Before he got busted, Steve had been selling his Lokos to our friends, and as it turned out, one of those friends still had a small collection of them gathering dust on top of her fridge. We made plans to split one at a wedding between the ceremony and the reception. But on the day of the nuptials, the Four Loko mysteriously did not make it from my friend's house to the church, perhaps because the only idea worse than drinking a six-year-old Four Loko is drinking a six-year-old Four Loko in the parking lot of a banquet hall in the Raleigh-Durham metro area.

Four Loko tasted like shit, and its shit-like taste was so uniquely unnatural that your body did not have a cue to steel itself against the alcohol’s effects.
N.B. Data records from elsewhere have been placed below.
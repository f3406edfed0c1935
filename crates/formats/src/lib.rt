// Format conditions: what each of the 47 that have an evaluator here says of a value.

#![tactic(auto, unfolding(crate::specs::Rules::judged, crate::specs::Table::judged_in, crate::specs::Table::rule_at, crate::specs::Table::id_of))]

ghost use Rattle.std.specs.Prelude.{◌≡◌, ◌++◌};
ghost use Rattle.formats.specs.Rules.{meets, group_ahead, is_unoc_upper, bound, any_number, whole_between, fraction_up_to, integer_up_to, groups_of, length_is, length_up_to, field_is, hhmm_in, unoc_upper, zzz_utc, email_shape, phone_shape, boundary_at, boundary_of, passes, verdict_of};
ghost use Rattle.formats.specs.Table.{digit_rules, shape_rules, time_rules, rules, id_of, judged_in, verdict};
ghost use Rattle.formats.specs.Answers.{verdict_number, verdict_truth, verdict_answer, registered_answer};

use citation::Truth;
use moment::{Day, day_boundary, is_dtm_303};
use refusal::Refusal;
use std::cmp::Ordering;

// What a format condition says of one value.
#[derive(Clone, Copy, Debug, PartialEq, Eq)]
pub enum FormatVerdict {
    Holds,
    Violated,
    Unregistered,
}

impl From<FormatVerdict> for u8 {
    ghost from_gives = { λ v number. number ≡ verdict_number v };

    fn from(v: FormatVerdict) -> u8 {
        match v {
            FormatVerdict::Violated => 0,
            FormatVerdict::Unregistered => 1,
            FormatVerdict::Holds => 2,
        }
    }
}

impl From<FormatVerdict> for Truth {
    ghost from_gives = { λ v truth. truth ≡ verdict_truth v };

    fn from(v: FormatVerdict) -> Truth {
        match v {
            FormatVerdict::Violated => Truth::False,
            FormatVerdict::Unregistered => Truth::Unknown,
            FormatVerdict::Holds => Truth::True,
        }
    }
}

impl From<bool> for FormatVerdict {
    ghost from_gives = { λ passed v. v ≡ verdict_of passed };

    fn from(passed: bool) -> FormatVerdict {
        if passed {
            FormatVerdict::Holds
        } else {
            FormatVerdict::Violated
        }
    }
}

// How a number has to stand to a bound.
#[derive(Clone, Copy, Debug, PartialEq, Eq)]
pub enum Relation {
    AtLeast,
    AtMost,
    GreaterThan,
    LessThan,
    Exactly,
    NotExactly,
}

// What an order says of a relation: a text that is no number stands in none.
fn meets_order(relation: Relation, order: Option<Ordering>) -> bool
    ensures { result ≡ meets relation order }
{
    let Some(order) = order else {
        return false;
    };
    match relation {
        Relation::AtLeast => order.is_ge(),
        Relation::AtMost => order.is_le(),
        Relation::GreaterThan => order.is_gt(),
        Relation::LessThan => order.is_lt(),
        Relation::Exactly => order.is_eq(),
        Relation::NotExactly => order.is_ne(),
    }
}

// Whether the value is a number in this relation to an integer, below zero or not.
// Relation, sign and size are three arguments, as in the rules: a struct of them would be spelt out in each row of `judge`.
fn compare(value: &[u8], relation: Relation, below: bool, size: u32) -> bool
    ensures { result ≡ passes (bound relation below size) value.now }
{
    meets_order(relation, decimal::compare(value, below, size))
}

fn numeric(value: &[u8]) -> bool
    ensures { result ≡ passes any_number value.now }
{
    decimal::is_number(value)
}

// A whole number from low to high.
fn between(value: &[u8], low: u32, high: u32) -> bool
    ensures { result ≡ passes (whole_between low high) value.now }
{
    compare(value, Relation::AtLeast, false, low)
        && compare(value, Relation::AtMost, false, high)
        && decimal::is_integer(value)
}

fn max_fraction_digits(value: &[u8], most: usize) -> bool
    ensures { result ≡ passes (fraction_up_to most) value.now }
{
    decimal::fraction_at_most(value, most)
}

fn max_integer_digits(value: &[u8], most: usize) -> bool
    ensures { result ≡ passes (integer_up_to most) value.now }
{
    decimal::integer_at_most(value, most)
}

// So many digits and a `-` stand in front.
fn group_ahead(rest: &[u8], width: usize) -> bool
    ensures { result ≡ group_ahead width rest.now }
{
    text::all_digits(text::head(rest, width)) && text::begins_at(rest, width, b"-")
}

// Groups of so many digits each, joined by `-`.
#[tactic(auto, unfolding(crate::specs::Rules::digit_groups))]
fn digit_groups(value: &[u8], widths: &[usize]) -> bool
    ensures { result ≡ passes (groups_of widths.now) value.now }
{
    let Some((last, before)) = widths.split_last() else {
        return false;
    };
    let mut rest = value;
    for width in before {
        if !group_ahead(rest, *width) {
            return false;
        }
        rest = text::tail(rest, *width + 1);
    }
    rest.len() == *last && text::all_digits(rest)
}

fn exact_length(value: &[u8], count: usize) -> bool
    ensures { result ≡ passes (length_is count) value.now }
{
    utf8::count(value) == count
}

fn max_length(value: &[u8], most: usize) -> bool
    ensures { result ≡ passes (length_up_to most) value.now }
{
    utf8::count(value) <= most
}

// A text that stands from a byte on in a value CCYYMMDDHHMMZZZ.
fn dtm_303_field(value: &[u8], at: usize, want: &[u8]) -> bool
    ensures { result ≡ passes (field_is at want.now) value.now }
{
    is_dtm_303(value) && text::begins_at(value, at, want)
}

// Four digits in this relation to a bound.
fn hhmm(value: &[u8], relation: Relation, limit: u32) -> bool
    ensures { result ≡ passes (hhmm_in relation limit) value.now }
{
    value.len() == 4 && text::all_digits(value) && compare(value, relation, false, limit)
}

// Marks of the Latin-1 codes: true where condition 918 admits the character.
const UNOC_UPPER: [bool; 256] = [
    false, false, false, false, false, false, false, false, false, false, false, false, false,
    false, false, false, false, false, false, false, false, false, false, false, false, false,
    false, false, false, false, false, false, true, true, true, true, true, true, true, true, true,
    true, true, true, true, true, true, true, true, true, true, true, true, true, true, true, true,
    true, true, true, true, true, true, true, true, true, true, true, true, true, true, true, true,
    true, true, true, true, true, true, true, true, true, true, true, true, true, true, true, true,
    true, true, true, true, true, true, true, true, false, false, false, false, false, false,
    false, false, false, false, false, false, false, false, false, false, false, false, false,
    false, false, false, false, false, false, false, true, true, true, true, false, false, false,
    false, false, false, false, false, false, false, false, false, false, false, false, false,
    false, false, false, false, false, false, false, false, false, false, false, false, false,
    false, false, false, false, true, true, true, true, true, true, true, true, true, true, false,
    true, true, true, true, true, true, true, true, true, true, false, true, true, true, true,
    false, true, true, true, true, true, true, true, true, true, true, true, true, true, true,
    true, true, true, true, true, true, true, true, true, true, true, true, true, true, true, true,
    true, true, true, true, true, true, false, false, false, false, false, false, false, false,
    false, false, false, false, false, false, false, false, false, false, false, false, false,
    false, false, false, true, false, false, false, false, false, false, false, false,
];

fn is_unoc_upper(code: u32) -> bool
    ensures { result ≡ is_unoc_upper code }
{
    code < 256 && UNOC_UPPER[code as usize]
}

fn unoc_upper(value: &[u8]) -> bool
    ensures { result ≡ passes unoc_upper value.now }
{
    for (_, code) in utf8::Walker::new(value, 0) {
        let Some(code) = code else {
            return false;
        };
        if !is_unoc_upper(code) {
            return false;
        }
    }
    true
}

fn zzz_utc(value: &[u8]) -> bool
    ensures { result ≡ passes zzz_utc value.now }
{
    text::ends_with(value, b"+00")
}

fn email_shape(value: &[u8]) -> bool
    ensures { result ≡ passes email_shape value.now }
{
    text::has(value, b"@") && text::has(value, b".")
}

fn phone_shape(value: &[u8]) -> bool
    ensures { result ≡ passes phone_shape value.now }
{
    2 <= value.len() && text::begins_at(value, 0, b"+") && text::all_digits(text::tail(value, 1))
}

// A day that begins at midnight in Germany.
const MIDNIGHT: Day<'static> = Day {
    summer: b"2200",
    winter: b"2300",
};

// A gas day, which begins at six o'clock in Germany.
const GAS_DAY: Day<'static> = Day {
    summer: b"0400",
    winter: b"0500",
};

// A day boundary of one kind or of the other.
fn either_boundary(value: &[u8], one: Day, other: Day) -> bool
    ensures { result ≡ passes (boundary_of one.entry.summer.now one.entry.winter.now other.entry.summer.now other.entry.winter.now) value.now }
{
    day_boundary(value, one) || day_boundary(value, other)
}

// Times and day boundaries. The match of `judge` is cut in four, a family of rules each, since a function here has under 40 lines.
// A call of its own: what its arguments take of registers and stack would else be taken for every condition.
#[inline(never)]
fn judge_times(id: u32, value: &[u8]) -> FormatVerdict
    ensures { result ≡ judged_in time_rules id value.now }
{
    let passed = match id {
        932 => dtm_303_field(value, 8, b"2200"),
        933 => dtm_303_field(value, 8, b"2300"),
        934 => dtm_303_field(value, 8, b"0400"),
        935 => dtm_303_field(value, 8, b"0500"),
        947 => dtm_303_field(value, 4, b"12312300"),
        964 => hhmm(value, Relation::AtLeast, 0),
        965 => hhmm(value, Relation::AtMost, 2359),
        1001 => day_boundary(value, MIDNIGHT),
        1002 => day_boundary(value, GAS_DAY),
        1003 => either_boundary(value, MIDNIGHT, GAS_DAY),
        _ => return FormatVerdict::Unregistered,
    };
    FormatVerdict::from(passed)
}

// Digit groups, lengths and other shapes, then the rest.
fn judge_shapes(id: u32, value: &[u8]) -> FormatVerdict
    ensures { result ≡ judged_in (shape_rules ++ time_rules) id value.now }
{
    let passed = match id {
        942 => digit_groups(value, &[1, 2, 1, 3]),
        943 => digit_groups(value, &[1, 2, 1]),
        948 => digit_groups(value, &[1, 2, 1, 8, 2]),
        949 => digit_groups(value, &[1, 2, 1, 8, 2, 1]),
        957 => digit_groups(value, &[1, 2, 1, 8]),
        959 => digit_groups(value, &[13, 2]),
        904 => exact_length(value, 16),
        905 => max_length(value, 3),
        918 => unoc_upper(value),
        931 => zzz_utc(value),
        939 => email_shape(value),
        940 => phone_shape(value),
        _ => return judge_times(id, value),
    };
    FormatVerdict::from(passed)
}

// Digits after and before the point, then the rest.
fn judge_digits(id: u32, value: &[u8]) -> FormatVerdict
    ensures { result ≡ judged_in (digit_rules ++ (shape_rules ++ time_rules)) id value.now }
{
    let passed = match id {
        906 => max_fraction_digits(value, 3),
        907 => max_fraction_digits(value, 4),
        912 => max_fraction_digits(value, 6),
        925 => max_fraction_digits(value, 5),
        930 => max_fraction_digits(value, 2),
        937 => max_fraction_digits(value, 0),
        946 => max_fraction_digits(value, 11),
        917 => max_integer_digits(value, 4),
        962 => max_integer_digits(value, 6),
        _ => return judge_shapes(id, value),
    };
    FormatVerdict::from(passed)
}

// Numbers against a bound, then the rest. The match on numbers is the original's, arm by arm, so that both can be held side by
// side.
fn judge(id: u32, value: &[u8]) -> FormatVerdict
    ensures { result ≡ judged_in rules id value.now }
{
    let passed = match id {
        902 => compare(value, Relation::AtLeast, false, 0),
        903 => compare(value, Relation::Exactly, false, 1),
        908 => compare(value, Relation::AtLeast, false, 1),
        909 => compare(value, Relation::AtLeast, false, 0),
        910 => numeric(value),
        913 => between(value, 1, 99999),
        914 => compare(value, Relation::GreaterThan, false, 0),
        915 => compare(value, Relation::NotExactly, false, 1),
        926 => compare(value, Relation::Exactly, false, 0),
        927 => compare(value, Relation::Exactly, true, 1),
        929 => compare(value, Relation::Exactly, false, 1000),
        938 => compare(value, Relation::AtMost, false, 10),
        955 => compare(value, Relation::LessThan, false, 100),
        963 => compare(value, Relation::AtMost, false, 100),
        968 => compare(value, Relation::AtMost, false, 0),
        969 => compare(value, Relation::AtMost, false, 1),
        _ => return judge_digits(id, value),
    };
    FormatVerdict::from(passed)
}

// The number of a text of three digits or of UB and a digit.
fn id_of(text: &[u8]) -> Option<u32>
    ensures { result ≡ id_of text.now }
{
    let [a, b, c] = text else {
        return None;
    };
    if !text::is_digit(*c) {
        return None;
    }
    let last = u32::from(*c - b'0');
    if text::is_digit(*a) && text::is_digit(*b) {
        return Some(u32::from(*a - b'0') * 100 + u32::from(*b - b'0') * 10 + last);
    }
    if *a == b'U' && *b == b'B' {
        return Some(1000 + last);
    }
    None
}

// The verdict of the condition with this text on a value, whatever their bytes.
#[tactic(auto, using(crate::proofs::Ids::verdict_some, crate::proofs::Ids::verdict_none))]
pub fn verdict_on(text: &[u8], value: &[u8]) -> FormatVerdict
    ensures { result ≡ verdict text.now value.now }
{
    match id_of(text) {
        Some(id) => judge(id, value),
        None => FormatVerdict::Unregistered,
    }
}

pub fn evaluate(text: &[u8], value: &[u8]) -> Result<FormatVerdict, Refusal>
    ensures { result ≡ verdict_answer text.now value.now }
{
    utf8::admit(text, utf8::TEXT_LIMIT)?;
    utf8::admit(value, utf8::VALUE_LIMIT)?;
    Ok(verdict_on(text, value))
}

pub fn is_registered(text: &[u8]) -> Result<bool, Refusal>
    ensures { result ≡ registered_answer text.now }
{
    utf8::admit(text, utf8::TEXT_LIMIT)?;
    Ok(verdict_on(text, b"") != FormatVerdict::Unregistered)
}
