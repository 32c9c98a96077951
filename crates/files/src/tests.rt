// A journal that comes in pieces, and a read and a write that fail in its midst.
use crate::{ReadFailed, Streams};
use std::io;
use std::io::{Error, ErrorKind, Read, Write};

// Gives a byte at each read; then its end, or from then on an error.
#[derive(Drop)]
struct Pieces {
    left: u8,
    breaks: bool,
}

impl Read for Pieces {
    fn read(&mut self, buf: &mut [u8]) -> io::Result<usize> {
        if self.left == 0 && self.breaks {
            return Err(Error::from(ErrorKind::Other));
        }
        if self.left == 0 || buf.is_empty() {
            return Ok(0);
        }
        buf[0] = self.left;
        self.left -= 1;
        Ok(1)
    }
}

// Takes no byte.
#[derive(Drop)]
struct Full {}

impl Write for Full {
    fn write(&mut self, _buf: &[u8]) -> io::Result<usize> {
        Err(Error::from(ErrorKind::StorageFull))
    }

    fn flush(&mut self) -> io::Result<()> {
        Ok(())
    }
}

fn three_bytes(rt: &HostRuntime, breaks: bool) -> Streams<Pieces, Full, Vec<u8>> {
    Streams {
        input: Pieces { left: 3, breaks },
        output: Full {},
        errors: Vec::new(rt.alloc()),
    }
}

#[test]
fn reads_to_the_end(rt: HostRuntime) {
    let mut s = three_bytes(&rt, false);
    let mut buf = [9u8; 5];
    let got = crate::whole(&mut s, &mut buf);
    assert_eq!(rt; got, Ok(3));
    assert!(rt; buf == [3, 2, 1, 9, 9]);
    assert!(rt; s.errors.is_empty());
}

#[test]
fn a_failed_read_is_no_end(rt: HostRuntime) {
    let mut s = three_bytes(&rt, true);
    let mut buf = [9u8; 5];
    let got = crate::whole(&mut s, &mut buf);
    assert_eq!(rt; got, Err(ReadFailed { after: 3 }));
    assert!(rt; s.errors.as_slice() == b"nazsombet: standard input could not be read\n".as_slice());
}

#[test]
fn reads_no_more_than_there_is_room(rt: HostRuntime) {
    let mut s = three_bytes(&rt, true);
    let mut buf = [9u8; 2];
    let got = crate::whole(&mut s, &mut buf);
    assert_eq!(rt; got, Ok(2));
    assert!(rt; s.input.left == 1);
}

#[test]
fn says_what_could_not_be_written(rt: HostRuntime) {
    let mut s = three_bytes(&rt, false);
    assert!(rt; crate::show(&mut s, b"text").is_err());
    assert!(rt;
        s.errors.as_slice() == b"nazsombet: standard output could not be written\n".as_slice()
    );
}

#[test]
fn writes_all(rt: HostRuntime) {
    let mut s = Streams {
        input: io::empty(),
        output: Vec::new(rt.alloc()),
        errors: Full {},
    };
    assert!(rt; crate::show(&mut s, b"te").is_ok() && crate::show(&mut s, b"xt").is_ok());
    assert!(rt; s.output.as_slice() == b"text".as_slice());
}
Enter the Insane Clown Posse. Fortuitously enough, I had plans to attend an ICP show the very next week in Brooklyn with Steve, the very same friend who I'd bought Loko for years ago. (He's fine now, thanks for asking.) Soon enough, our plans to see ICP morphed into walking around drinking Four Loko out of bodega cups and then seeing ICP.

By drinking Four Loko, we had given ourselves permission to regress and become the rambunctious college boys we once were. Ultimately, neither of us took the Loko up on the opportunity. We got excited and started yelling a few minutes before we probably would have if we had been drinking something that wasn't Four Loko before a concert that wasn't an Insane Clown Posse concert. The wildest thing I ended up doing all night came after the show, when I impulse-bought a copy of the New York Post while buying Gatorade in a feeble attempt to combat what would end up being a multi-day Loko hangover.

There was one moment, however, when drinking Four Loko indeed felt as downright dangerous as it once had. While walking along the sidewalk, sipping our decaffeinated Four Loko out of our plastic cups, Steve and I heard the wail of a police siren growing louder and louder. We froze. This was it: karma was coming back to bite us in the ass. We looked at each other, and for a moment, we felt like helpless children, powerless in the grip of the Demon Loko. We should have never done this. We’d made a terrible mistake.

But the cop zoomed straight past us, and we were adults again. As dangerous as Four Loko might have once been, and perhaps still is, it still can’t hold a caffeine-infused candle to the world around it.